Because Burke and Slatkin are designers, not flavor chemists, they focused a lot of attention on packaging. They wanted to create an experience for hard candy lovers that would, in a small way, mimic the luxury environments that Burke and Slatkin used to design for the wealthy. The candies are available in two-ounce tins ($3.99 to $4.99, whether retail or online) that look simultaneously elegant, old-fashioned and contemporary — like French candy tins or designer snuff boxes for a generation hooked on sugar, not tobacco.
The candies are individually wrapped to avoid the main thing that Slatkin dislikes about those mints you can buy in small containers at the local CVS: Anyone can paw through them, germy fingers and all.

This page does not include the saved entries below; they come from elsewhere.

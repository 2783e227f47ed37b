// A picture in one line for people.
ghost use Rattle.std.specs.Prelude.{◌≡◌, Some};
ghost use Rattle.skyplate_job.specs.Reports.{summary_of, summary_line};

use pgm::read::Picture;
use std::fmt;

#[derive(Clone, Copy)]
pub struct Summary {
    pub picture: Picture,
    pub smallest: u16,
    pub largest: u16,
}

impl Summary {
    pub fn new(picture: Picture, samples: &[u16]) -> Summary
        ensures has_the_smallest_and_the_largest_sample { result ≡ summary_of picture samples.now }
    {
        let mut smallest = u16::MAX;
        let mut largest = 0u16;
        for sample in samples {
            smallest = smallest.min(*sample);
            largest = largest.max(*sample);
        }
        Summary {
            picture,
            smallest,
            largest,
        }
    }
}

impl fmt::Display for Summary {
    ghost output = { λ s. Some (summary_line s) };

    fn fmt<W: fmt::Write>(&self, f: &mut fmt::Formatter<W>) -> fmt::Result {
        let Picture { columns, rows, top } = self.picture;
        let smallest = self.smallest;
        let largest = self.largest;
        writeln!(
            f,
            "{rows} rows, {columns} columns, top {top}, samples from {smallest} to {largest}"
        )
    }
}
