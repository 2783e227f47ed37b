// The sources: another plane, samples for a rectangle, and the cells of a cone in another plane.
ghost use Rattle.std.specs.Prelude.{◌≡◌, ◌+◌, ◌*◌, true, ◌&&◌, length, nat_lt};
ghost use Rattle.cones.specs.Cones.{cone_cells};
ghost use Rattle.overlays.specs.Overlays.{inside, Offers};
ghost use Rattle.overlays.specs.Samples.{covers, sample_index, has_sample, patch, samples_at};

use crate::overlay::Source;
use cones::cone::Cone;
use planes::plane::Plane;
use planes::rectangle::Rectangle;

// The numbers of another plane.
#[derive(Drop)]
pub struct Copied<'a, P> {
    pub plane: &'a P,
}

impl<'a, P: Plane> Source for Copied<'a, P> {
    ghost test = { λ s. inside (P.Plane.picture s.plane.now).height (P.Plane.picture s.plane.now).width };

    ghost value = { λ s. (P.Plane.picture s.plane.now).number };

    fn offer(&self, row: usize, column: usize) -> Option<i32> {
        self.plane.read(row, column).ok()
    }
}

// Samples for a rectangle, row by row.
#[derive(Drop)]
pub struct Patch<'a> {
    pub rectangle: Rectangle,
    pub samples: &'a [u16],
}

// Whether a place is in a rectangle.
fn is_covered(rectangle: Rectangle, row: usize, column: usize) -> bool
    ensures is_in_the_rectangle { result ≡ covers rectangle row column }
{
    rectangle.first_row <= row
        && row - rectangle.first_row < rectangle.height
        && rectangle.first_column <= column
        && column - rectangle.first_column < rectangle.width
}

// Which of the numbers of so many columns, row by row, is that of a place; every such index has a place in 128 bits.
pub fn index_of(columns: usize, row: usize, column: usize) -> u128
    ensures is_the_index { result ≡ row * columns + column }
{
    row as u128 * columns as u128 + column as u128
}

// The sample of an index, if there is one.
pub fn sample_at(samples: &[u16], index: u128) -> Option<i32>
    ensures is_the_sample_if_there_is_one { Offers (nat_lt index (length samples.now)) (samples_at samples.now index) result }
{
    if index < samples.len() as u128 {
        Some(i32::from(samples[index as usize]))
    } else {
        None
    }
}

// Which of a rectangle's numbers, row by row, is that of a place.
fn sample_index(rectangle: Rectangle, row: usize, column: usize) -> u128
    requires inside { covers rectangle row column ≡ true }
    ensures is_the_index { result ≡ sample_index rectangle row column }
{
    let i = row - rectangle.first_row;
    let j = column - rectangle.first_column;
    index_of(rectangle.width, i, j)
}

impl<'a> Source for Patch<'a> {
    ghost test = { λ s. has_sample s.rectangle (length s.samples.now) };

    ghost value = { λ s. patch s.rectangle (samples_at s.samples.now) };

    fn offer(&self, row: usize, column: usize) -> Option<i32> {
        if !is_covered(self.rectangle, row, column) {
            return None;
        }
        sample_at(self.samples, sample_index(self.rectangle, row, column))
    }
}

// The numbers of another plane at the cells of a cone.
#[derive(Drop)]
pub struct ConeOf<'a, P> {
    pub plane: &'a P,
    pub cone: Cone,
}

impl<'a, P: Plane> Source for ConeOf<'a, P> {
    ghost test = { λ s r c. inside (P.Plane.picture s.plane.now).height (P.Plane.picture s.plane.now).width r c && cone_cells s.cone r c };

    ghost value = { λ s. (P.Plane.picture s.plane.now).number };

    fn offer(&self, row: usize, column: usize) -> Option<i32> {
        if self.cone.contains(row, column) {
            Copied { plane: self.plane }.offer(row, column)
        } else {
            None
        }
    }
}
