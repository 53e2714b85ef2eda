ghost use Rattle.std.specs.Prelude.{◌≡◌, IfErr, IfOk, Ok};
ghost use Rattle.plan_check.specs.PlanText.{IsPlanAnswer, IsReadFault};

use crate::fault::PlanTextFault;
use crate::line::line_at_front;
use crate::plan::HandPlan;
use codelets::Codelets;
use stage_plan::Place;
use std::alloc::Global;

/// The plan that a text is for codelets and a pipeline of `depth` stages: one line `codelet,S,STAGE` for each codelet, in
/// order, each with its line feed. S is the codelet's least statement number, STAGE is from 1 to `depth`, and both are
/// decimals without leading zeros.
pub fn read_plan(
    alloc: Global,
    text: &[u8],
    codelets: &Codelets,
    depth: u32,
) -> Result<HandPlan, PlanTextFault>
    ensures plan { IfOk result (λ plan. IsPlanAnswer depth codelets.now.list text.now (Ok plan)) }
    ensures refused { IfErr result (λ fault. IsReadFault depth codelets.now.list text.now fault) }
{
    let mut places = Vec::new(alloc);
    let mut rest = text;
    let list = codelets.list();
    'codelets: for codelet in list {
        let Some(line) = line_at_front(rest, codelet.first, depth) else {
            return Err(PlanTextFault::Line(places.len() as u32 + 1));
        };
        let Ok(()) = places.push(Place {
            kind: codelet.kind,
            stage: line.value,
        }) else {
            return Err(PlanTextFault::Memory);
        };
        rest = line.rest;
    }
    if !rest.is_empty() {
        return Err(PlanTextFault::Line(places.len() as u32 + 1));
    }
    Ok(HandPlan { places })
}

If all of this sounds too obsessive by half, Slatkin says it’s for a reason. With approximately 180,000 products expected to be showcased at next week’s Fancy Food Show, it’s not enough to have a flavorful or colorful product. Distributors and specialty stores want to know that business structures are in place to produce and deliver the goods when called upon. Middlemen can sniff out disorganization like milk that’s past its expiration date.
Slatkin’s and Burke’s attention to detail has apparently paid off. They have lined up distributors that will get their products into stores nationwide. The candies are already available in all Peet’s Coffee & Tea outlets and Balducci’s stores; they are also available locally at Rodman’s.
A natural question arises here as Torie & Howard hard candies begin to trickle into the market: With obesity and diabetes on the rise, isn’t all this tempting designer candy a potentially troublesome development?
“Sweets are one of the joys of life. I can’t imagine a day without sweets,” says the man who lost 100 pounds. “The key is to do it in moderation.”